With a robust and stringent yet flexible strategy, a company can be confident of being inspection-ready at all times and producing safe and effective pharma/biotech products—whether processes are done in house or by a global outsourcing organization. The characteristics of a contract receiver must ensure the contract giver’s success.

Thinking Forward

Both outsource partners must not only manage the processes in the approved quality agreement but also work with high attention to detail and constant review of systems. This includes a rigorous management of the review process, including an internal audit program that is robust and meets the contract giver’s expectations relative to its auditing program. It should include a strong investigation process with a foundation in root-cause analysis and cGMP investigations of deviations and change orders. If the contract giver has agreed to sub-contract work from its contractors, it is important that the contract receiver has a supplier auditing program that meets the contract giver’s expectations and takes strong stewardship of materials and costs.

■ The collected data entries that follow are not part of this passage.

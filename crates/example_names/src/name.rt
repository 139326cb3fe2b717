//! A kind of strings of this crate's own: names, which are equal if they differ
//! only in the case of ASCII letters.
ghost use Rattle.std.specs.Prelude.{◌≡◌, refl, IsUtf8, string_bytes};
ghost use Rattle.example_names.specs.Letters.{letters, name_text};

use intaglio::{ContentOf, Keyed, KindForm, KindOwned, Packable, PackedForm, Spells, StringKind};
use std::alloc::{AllocError, Global};
use std::hash::Hasher;
use std::str;

/// The kind of names. They are compared and hashed by their letters in lower case.
pub struct NameKind;

/// A name that a table stores: a `&'static str` or a `String`.
pub type NameContent = ContentOf<NameKind>;

/// A borrowed name, by which a table is searched, and which it returns.
#[derive(Clone, Copy)]
pub struct Name<'a> {
    text: &'a str,
}

impl<'a> Name<'a> {
    /// The name that is spelled so.
    #[inline(always)]
    pub fn new(text: &'a str) -> Name<'a>
        ensures { name_text result ≡ text.now }
    {
        Name { text }
    }

    /// The text as it was passed in.
    #[inline(always)]
    pub fn as_str(self) -> &'a str
        ensures { result.now ≡ name_text self.entry }
    {
        self.text
    }
}

impl StringKind for NameKind {
    ghost key_of = { letters };

    ghost is_spelling = { IsUtf8 };

    // Each letter is an item of the key: its byte in lower case, and the byte that ends an item.
    fn feed_spelling<H: Hasher>(spelling: &[u8], hasher: &mut H) {
        let mut rest = spelling;
        while let [first, behind @ ..] = rest {
            hasher.write(&[first.to_ascii_lowercase()]);
            hasher.write_u8(255);
            rest = behind;
        }
    }

    #[tactic(auto, using(crate::proofs::LetterLemmas::same_singles))]
    fn same_spellings(a: &[u8], b: &[u8]) -> bool {
        a.eq_ignore_ascii_case(b)
    }
}

impl Spells<NameKind> for &str {
    ghost spelled = { λ text. text.now };

    fn spelled_bytes(&self) -> &[u8] {
        self.as_bytes()
    }
}

impl Spells<NameKind> for String {
    ghost spelled = { string_bytes };

    fn spelled_bytes(&self) -> &[u8] {
        self.as_str().as_bytes()
    }
}

impl<'a> Spells<NameKind> for Name<'a> {
    ghost spelled = { name_text };

    fn spelled_bytes(&self) -> &[u8] {
        self.as_str().as_bytes()
    }
}

impl<'a> Keyed for Name<'a> {
    ghost key = { λ name. letters (name_text name) };
}

impl<'a> Packable<NameKind> for Name<'a> {
    ghost key_of_spelled = { λ _. refl };
}

impl KindOwned for NameKind {
    type Static = &'static str;

    type Owned = String;

    fn copy(alloc: Global, spelling: &[u8]) -> Result<String, AllocError> {
        String::from_str(alloc, unsafe { str::from_utf8_unchecked(spelling) })
    }
}

impl<'a> KindForm<'a> for NameKind {
    type Form = Name<'a>;

    fn lend(content: &'a NameContent) -> Name<'a> {
        name_of(content.spelling())
    }
}

impl<'a> PackedForm<'a> for NameKind {
    fn form_of(spelling: &'a [u8]) -> Name<'a> {
        name_of(spelling)
    }
}

// The name whose text has these bytes.
fn name_of(spelling: &[u8]) -> Name<'_>
    requires { IsUtf8 spelling.now }
    ensures { name_text result ≡ spelling.now }
{
    Name::new(unsafe { str::from_utf8_unchecked(spelling) })
}
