// Inner: `number_at` asks that the digits are few, which `number` shows. Reading digits in a line of bytes.

#![tactic(auto)]

ghost use Rattle.std.specs.Prelude.{◌≡◌, ◌≤◌, ◌<◌, get_or, drop};
ghost use Rattle.digits.specs.Digits.{digits_at, number_at, IsNumber};
ghost use Rattle.digits.specs.Digits.{between as isBetween};

pub fn between(low: usize, high: usize, x: usize) -> bool
    ensures { result ≡ isBetween low high x }
{
    (low..=high).contains(&x)
}

// The byte at a place, 0 past the end.
pub fn byte_at(line: &[u8], i: usize) -> u8
    ensures { result ≡ get_or line.now i 0 }
{
    line.get(i).copied().unwrap_or(0)
}

// What stands from a place on, nothing past the end.
fn from_place(line: &[u8], place: usize) -> &[u8]
    ensures { result.now ≡ drop place line.now }
{
    line.get(place..).unwrap_or(&[])
}

// How many digits stand at a place.
pub fn digits_at(line: &[u8], place: usize) -> usize
    ensures { result ≡ digits_at line.now place }
{
    from_place(line, place)
        .iter()
        .take_while(|b| b.is_ascii_digit())
        .count()
}

// The number that they say, where they are at most 9.
pub fn number_at(line: &[u8], place: usize, count: usize) -> u64
    requires { (count ≡ digits_at line.now place) × (count ≤ 9) }
    ensures { (result ≡ number_at line.now place) × (result < 1000000000) }
{
    let mut v = 0;
    for b in &from_place(line, place)[..count] {
        v = v * 10 + u64::from(b - b'0');
    }
    v
}

// A number of 1 to 9 digits at a place: how many digits, and what they say.
pub fn number(line: &[u8], place: usize) -> Option<(usize, u64)>
    ensures { IsNumber line.now place result }
{
    let count = digits_at(line, place);
    if !between(1, 9, count) {
        return None;
    }
    Some((count, number_at(line, place, count)))
}
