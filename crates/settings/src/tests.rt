use super::*;
use std::test::Fail;

// One key, "a", with the value 1.
const FILE: [u8; 12] = [1, 0, 1, b'a', 0, 0, 0, 0, 0, 0, 0xf0, 0x3f];

fn is_number(bytes: &[u8], number: u16) -> bool {
    matches!(read_key(bytes), Key::Number(n) if n == number)
}

fn refusal(file: &[u8]) -> Option<SettingsError> {
    Settings::read(file).err()
}

#[test]
fn numbers(rt: HostRuntime) {
    assert!(rt; is_number(b"0", 0));
    assert!(rt; is_number(b"7", 7));
    assert!(rt; is_number(b"65535", 65535));
}

#[test]
fn decimals(rt: HostRuntime) {
    assert_eq!(rt; read_decimal::<u8>("255"), Some(255));
    assert_eq!(rt; read_decimal::<u8>("256"), None);
    assert_eq!(rt; read_decimal::<u16>("256"), Some(256));
    assert_eq!(rt; read_decimal::<u32>("4294967295"), Some(4294967295));
    for word in ["", "+7", "07", "-1", "1 "] {
        assert_eq!(rt; read_decimal::<u32>(word), None);
    }
}

#[test]
fn names(rt: HostRuntime) {
    for name in ["", "007", "+7", "65536"] {
        assert!(rt; matches!(read_key(name.as_bytes()), Key::Name(_)));
    }
}

#[test]
fn one_setting(rt: HostRuntime) -> Result<(), Fail> {
    let settings = Settings::read(&FILE)?;
    let by_name = Identifier {
        id: None,
        name: Some(b"a"),
    };
    let by_id = Identifier {
        id: Some(7),
        name: Some(b"a"),
    };
    assert_eq!(rt; settings.len(), 1);
    assert_eq!(rt; settings.value_for(by_name), Some(1.0));
    assert_eq!(rt; settings.value_for(by_id), None);
    assert_eq!(rt; settings.every_key_taken(&[by_id, by_name]), Ok(()));
    assert_eq!(rt;
        settings.every_key_taken(&[by_id]),
        Err(SettingsError::NotFound { key: 0 })
    );
    Ok(())
}

#[test]
fn settings_in_order(rt: HostRuntime) -> Result<(), Fail> {
    let file = write(
        rt.alloc(),
        &[
            Setting {
                key: b"a",
                value: 1.0,
            },
            Setting {
                key: b"bc",
                value: -2.5,
            },
        ],
    )?;
    let mut settings = Settings::read(file.as_slice())?.iter();
    for (key, value) in [("a", 1.0), ("bc", -2.5)] {
        let setting = settings.next().expect(&rt, "a setting");
        assert_eq!(rt; setting.key, key.as_bytes());
        assert_eq!(rt; setting.value, value);
    }
    assert!(rt; settings.next().is_none());
    Ok(())
}

#[test]
fn short_and_long(rt: HostRuntime) {
    assert_eq!(rt; refusal(&[]), Some(SettingsError::Malformed));
    assert_eq!(rt; refusal(&FILE[0..11]), Some(SettingsError::Malformed));
    assert_eq!(rt; refusal(&[0, 0, 0]), Some(SettingsError::Malformed));
    assert_eq!(rt;
        refusal(&[2, 0, 0, 0, 0, 0, 0, 0, 0, 0, 0, 0, 0, 0, 0, 0, 0, 0, 0, 0]),
        Some(SettingsError::RepeatedKey { key: 1 })
    );
}

#[test]
fn written_and_read(rt: HostRuntime) -> Result<(), Fail> {
    let file = write(
        rt.alloc(),
        &[Setting {
            key: b"a",
            value: 1.0,
        }],
    )?;
    assert_eq!(rt; file.as_slice(), &FILE[0..12]);
    Ok(())
}
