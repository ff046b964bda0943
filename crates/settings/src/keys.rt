ghost use Rattle.std.specs.Prelude.{ℕ, List, take, Decides};
ghost use Rattle.std.specs.Iterator.{AlwaysYields, UpTo, YieldsFirstRef, item_count};
ghost use Rattle.settings.specs.First.{Least};
ghost use Rattle.settings.specs.Layout.{Among, Repeats};
ghost use Rattle.settings.specs.Walks.{keys_left};
ghost use Rattle.settings.specs.Written.{keys_of};

use crate::writing::Setting;

// The keys of a settings file, one after the other.
#[derive(Clone, Copy)]
pub struct Keys<'f> {
    pub(crate) lengths: &'f [u8],
    pub(crate) bytes: &'f [u8],
}

impl<'f> Iterator for Keys<'f> {
    type Item = &'f [u8];

    ghost next_gives = { YieldsFirstRef keys_left };

    ghost remaining = { item_count keys_left };

    fn next(&mut self) -> Option<&'f [u8]> {
        let (length, lengths) = self.lengths.split_first()?;
        let (key, bytes) = self
            .bytes
            .split_at(usize::from(*length).min(self.bytes.len()));
        *self = Keys { lengths, bytes };
        Some(key)
    }
}

// The keys of settings, one after the other. A struct, since a slice's own iterator is no `Copy`, and `clone` can fail.
#[derive(Clone, Copy)]
pub(crate) struct KeysOf<'s> {
    pub(crate) settings: &'s [Setting<'s>],
}

impl<'s> Iterator for KeysOf<'s> {
    type Item = &'s [u8];

    ghost next_gives = { YieldsFirstRef (λ k. keys_of k.settings.now) };

    ghost remaining = { item_count (λ k. keys_of k.settings.now) };

    fn next(&mut self) -> Option<&'s [u8]> {
        Some(self.settings.split_off_first()?.key)
    }
}

// The first key that is equal to an earlier one.
pub(crate) fn first_repeated<'k, K: Iterator<Item = &'k [u8]> + Copy + Drop>(
    keys: K,
) -> Option<usize>
    requires can { K.can_next keys }
    requires few { UpTo (K.remaining keys) 4096 }
    ensures { (ks : List (List ℕ)) → AlwaysYields K.next_gives (λ k. k.now) keys ks → Least (Repeats ks) result }
{
    // A loop: in `position` the check does not cover a closure whose bound names `'k`.
    for (i, key) in keys.enumerate() {
        if has_within(keys, i, key) {
            return Some(i);
        }
    }
    None
}

// Whether bytes are one of the first `n` keys.
fn has_within<'k, K: Iterator<Item = &'k [u8]> + Copy + Drop>(
    keys: K,
    n: usize,
    bytes: &[u8],
) -> bool
    requires can { K.can_next keys }
    requires few { UpTo (K.remaining keys) 4096 }
    ensures { (ks : List (List ℕ)) → AlwaysYields K.next_gives (λ k. k.now) keys ks → Decides result (Among bytes.now (take n ks)) }
{
    keys.take(n).any(|key| key == bytes)
}
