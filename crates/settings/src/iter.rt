ghost use Rattle.std.specs.Prelude.{◌≡◌, map, from_bits};
ghost use Rattle.std.specs.Float.{binary64};
ghost use Rattle.std.specs.Iterator.{YieldsFirstBy, item_count};
ghost use Rattle.settings.specs.Layout.{number_of};
ghost use Rattle.settings.specs.Walks.{keys_left, settings_left, settings_of};

use crate::keys::Keys;
use crate::writing::Setting;
use std::num::f64_from_bits_with_nan;

// The settings of a file, one after the other.
#[derive(Clone, Copy)]
pub struct Iter<'f> {
    pub(crate) keys: Keys<'f>,
    pub(crate) values: &'f [[u8; 8]],
}

impl<'f> Iterator for Iter<'f> {
    type Item = Setting<'f>;

    ghost next_gives = { YieldsFirstBy (λ s. (s.key.now, s.value)) settings_left };

    ghost remaining = { item_count settings_left };

    fn next(&mut self) -> Option<Setting<'f>> {
        let key = self.keys.next()?;
        let value = double_of(self.values.split_off_first()?);
        Some(Setting { key, value })
    }
}

// The double of eight bytes, the lowest first.
pub(crate) fn double_of(bytes: &[u8; 8]) -> f64
    ensures { result ≡ from_bits binary64 (number_of bytes.now) }
{
    f64_from_bits_with_nan(u64::from_le_bytes(*bytes))
}
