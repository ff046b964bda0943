ghost use Rattle.std.specs.Prelude.{◌≡◌, Some};
ghost use Rattle.settings.specs.Codes.{code_of, words_of};

use std::error::Error;
use std::fmt;

// Why a settings file, or the overrides of it, are refused.
#[derive(Clone, Copy, PartialEq, Eq, Debug)]
pub enum SettingsError {
    Malformed,
    RepeatedKey { key: usize },
    NotFound { key: usize },
}

impl SettingsError {
    // The refusal's number. An arm each: `as` takes no enum whose variants hold something.
    pub fn code(&self) -> u8
        ensures { result ≡ (code_of self.now).0 }
    {
        match self {
            SettingsError::Malformed => 1,
            SettingsError::RepeatedKey { .. } => 2,
            SettingsError::NotFound { .. } => 6,
        }
    }
}

// By hand, since `output` states the text.
impl fmt::Display for SettingsError {
    ghost output = { λ e. Some (words_of e) };

    fn fmt<W: fmt::Write>(&self, f: &mut fmt::Formatter<W>) -> fmt::Result {
        match self {
            SettingsError::Malformed => write!(
                f,
                "the settings file is short, long or over its limit"
            ),
            SettingsError::RepeatedKey { key } => write!(f, "key {key} is equal to an earlier key"),
            SettingsError::NotFound { key } => write!(f, "no override takes key {key}"),
        }
    }
}

impl Error for SettingsError {}
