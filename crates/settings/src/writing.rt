ghost use Rattle.std.specs.Prelude.{◌≡◌, ◌^◌, ◌<◌, ◌≤◌, ◌++◌, map, length, IfOk, IfErr, Some, None, OnOk, from_bits, to_bits};
ghost use Rattle.std.specs.Float.{binary64};
ghost use Rattle.std.specs.List.{flat_map, AllByRecursion};
ghost use Rattle.settings.specs.First.{Least};
ghost use Rattle.settings.specs.Layout.{Distinct, Encodes, bytes_of, encode};
ghost use Rattle.settings.specs.Written.{keys_of, value_bits_of, given_by, TooLong, Refused, Restored, ValuesBack, ReadsBack, write_words};

use crate::keys::{KeysOf, first_repeated};
use crate::{LONGEST_KEY, MOST_SETTINGS};
use std::alloc::{AllocError, Global};
use std::error::Error;
use std::fmt;
use std::num::f64_to_bits_with_nan;

// What a file says under one key.
#[derive(Clone, Copy)]
pub struct Setting<'k> {
    pub key: &'k [u8],
    pub value: f64,
}

// Why settings are not written.
#[derive(Clone, Copy, PartialEq, Eq, Debug)]
pub enum WriteError {
    TooManySettings,
    KeyTooLong { key: usize },
    RepeatedKey { key: usize },
    OutOfMemory,
}

// By hand, since `output` states the text.
impl fmt::Display for WriteError {
    ghost output = { λ e. Some (write_words e) };

    fn fmt<W: fmt::Write>(&self, f: &mut fmt::Formatter<W>) -> fmt::Result {
        match self {
            WriteError::TooManySettings => write!(f, "there are more than 4096 settings"),
            WriteError::KeyTooLong { key } => write!(f, "key {key} has more than 255 bytes"),
            WriteError::RepeatedKey { key } => write!(f, "key {key} is equal to an earlier key"),
            WriteError::OutOfMemory => write!(
                f,
                "there is not enough memory for the settings file"
            ),
        }
    }
}

impl Error for WriteError {}

// The settings file of these settings.
pub fn write(heap: Global, settings: &[Setting<'_>]) -> Result<Vec<u8>, WriteError>
    ensures encodes { IfOk result (λ v. Encodes v.items (given_by settings.now)) }
    ensures distinct { IfOk result (λ v. Distinct (keys_of settings.now)) }
    ensures values_back { IfOk result (λ v. ValuesBack settings.now) }
    ensures reads_back { IfOk result (λ v. ReadsBack v.items (given_by settings.now)) }
    ensures refuses { IfErr result (Refused settings.now) }
{
    if settings.len() > MOST_SETTINGS {
        return Err(WriteError::TooManySettings);
    }
    if let Some(key) = first_too_long(settings) {
        return Err(WriteError::KeyTooLong { key });
    }
    if let Some(key) = first_repeated(KeysOf { settings }) {
        return Err(WriteError::RepeatedKey { key });
    }
    encoded(heap, settings).map_err(|_| WriteError::OutOfMemory)
}

// The first key that is too long for its length to be a byte.
fn first_too_long(settings: &[Setting<'_>]) -> Option<usize>
    ensures { Least (TooLong (keys_of settings.now)) result }
{
    settings
        .iter()
        .map(|setting| setting.key)
        .position(|key| key.len() > LONGEST_KEY)
}

fn encoded(heap: Global, settings: &[Setting<'_>]) -> Result<Vec<u8>, AllocError>
    requires few { length settings.now ≤ 4096 }
    requires short { Least (TooLong (keys_of settings.now)) None }
    ensures bytes { IfOk result (λ v. v.items ≡ encode (given_by settings.now)) }
    ensures doubles { IfOk result (λ v. AllByRecursion (λ b. b < 2 ^ 64) (value_bits_of settings.now)) }
    ensures restored { IfOk result (λ v. AllByRecursion Restored settings.now) }
{
    let mut file = Vec::new(heap);
    file.extend_from_slice(&(settings.len() as u16).to_le_bytes())?;
    push_lengths(&mut file, settings)?;
    push_keys(&mut file, settings)?;
    push_values(&mut file, settings)?;
    Ok(file)
}

fn push_lengths(file: &mut Vec<u8>, settings: &[Setting<'_>]) -> Result<(), AllocError>
    requires { Least (TooLong (keys_of settings.now)) None }
    ensures { OnOk result (file.new.items ≡ file.old.items ++ map length (keys_of settings.now)) }
{
    // A loop: of `try_for_each` the check found neither that the cast fits nor what the calls leave in the file.
    for setting in settings {
        file.push(setting.key.len() as u8)?;
    }
    Ok(())
}

fn push_keys(file: &mut Vec<u8>, settings: &[Setting<'_>]) -> Result<(), AllocError>
    ensures { OnOk result (file.new.items ≡ file.old.items ++ flat_map (λ k. k) (keys_of settings.now)) }
{
    // A loop: of `try_for_each` the check did not find what the calls leave in the file.
    for setting in settings {
        file.extend_from_slice(setting.key)?;
    }
    Ok(())
}

// The bits of a double, which stand for no other.
fn bits_of(value: f64) -> u64
    ensures bits { result ≡ to_bits binary64 value }
    ensures back { from_bits binary64 (to_bits binary64 value) ≡ value }
{
    f64_to_bits_with_nan(value)
}

fn push_values(file: &mut Vec<u8>, settings: &[Setting<'_>]) -> Result<(), AllocError>
    ensures bytes { OnOk result (file.new.items ≡ file.old.items ++ flat_map (bytes_of 8) (value_bits_of settings.now)) }
    ensures doubles { OnOk result (AllByRecursion (λ b. b < 2 ^ 64) (value_bits_of settings.now)) }
    ensures restored { OnOk result (AllByRecursion Restored settings.now) }
{
    // A loop, for the same reason.
    for setting in settings {
        file.extend_from_slice(&bits_of(setting.value).to_le_bytes())?;
    }
    Ok(())
}
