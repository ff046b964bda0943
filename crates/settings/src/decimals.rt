// Numbers as they are written in decimal: digits, with no sign and no zero in front.
ghost use Rattle.std.specs.Prelude.{◌≡◌, ℕ, ◌^◌, ◌<◌, ◌≤◌, List, Result, Decides, decimal, MatchOption, ◌≢◌};
ghost use Rattle.std.proofs.Common.{lit≤};
ghost use Rattle.std.specs.Str.Parse.{ParsesUnsigned};
ghost use Rattle.std.specs.Result.{result_map_both};
ghost use Rattle.settings.specs.Decimals.{Ill, parsed};

use std::str::FromStr;

// An unsigned integer, of so many bits.
pub trait Decimal: FromStr {
    ghost bits: { ℕ };

    ghost number: { Self → ℕ };

    ghost few: { bits ≤ 64 };

    ghost parses: { (text : List ℕ) (r : Result Self Self.Err) → Self.from_str_gives text r → ParsesUnsigned bits 10 text (result_map_both number (λ e. e) r) };
}

impl Decimal for u8 {
    ghost bits = { 8 };

    ghost number = { λ n. n };

    ghost few = { lit≤ tt };

    ghost parses = { λ text r h. parsed 8 text r h.0 };
}

impl Decimal for u16 {
    ghost bits = { 16 };

    ghost number = { λ n. n };

    ghost few = { lit≤ tt };

    ghost parses = { λ text r h. parsed 16 text r h.0 };
}

impl Decimal for u32 {
    ghost bits = { 32 };

    ghost number = { λ n. n };

    ghost few = { lit≤ tt };

    ghost parses = { λ text r h. parsed 32 text r h.0 };
}

// The number that a word is the decimal writing of, if the type has it.
pub fn read_decimal<N: Decimal + Drop>(word: &str) -> Option<N>
where
    N::Err: Drop,
    ensures { MatchOption result ((n : ℕ) → n < 2 ^ N.bits → word.now ≢ decimal n) (λ x. word.now ≡ decimal (N.number x)) }
{
    if is_ill(word.as_bytes()) {
        return None;
    }
    word.parse::<N>().ok()
}

// Whether a sign or a needless zero stands in front.
fn is_ill(word: &[u8]) -> bool
    ensures { Decides result (Ill word.now) }
{
    matches!(word, [b'+', ..] | [b'0', _, ..])
}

A strategy to work within industry organizations, pharmacopeias, and regulatory forums helps to further strengthen the partnership as a relationship. A contract receiver that is working within standards-setting bodies such as pharmacopeias or regulatory review processes is a contract receiver that expects to help provide solutions to its partners, with a thorough understanding of how standards are written and set for the industry. This should mean participation on pharma/biotech association advisory boards and participation in industry working groups or even expert committees or panels within organizations, such as national pharmacopeias. Contract receivers should be actively involved with international industry associations and standards and guidance-setting bodies, including academia, to ensure that they understand current regulatory interpretation and can help influence pharma/biotech directions.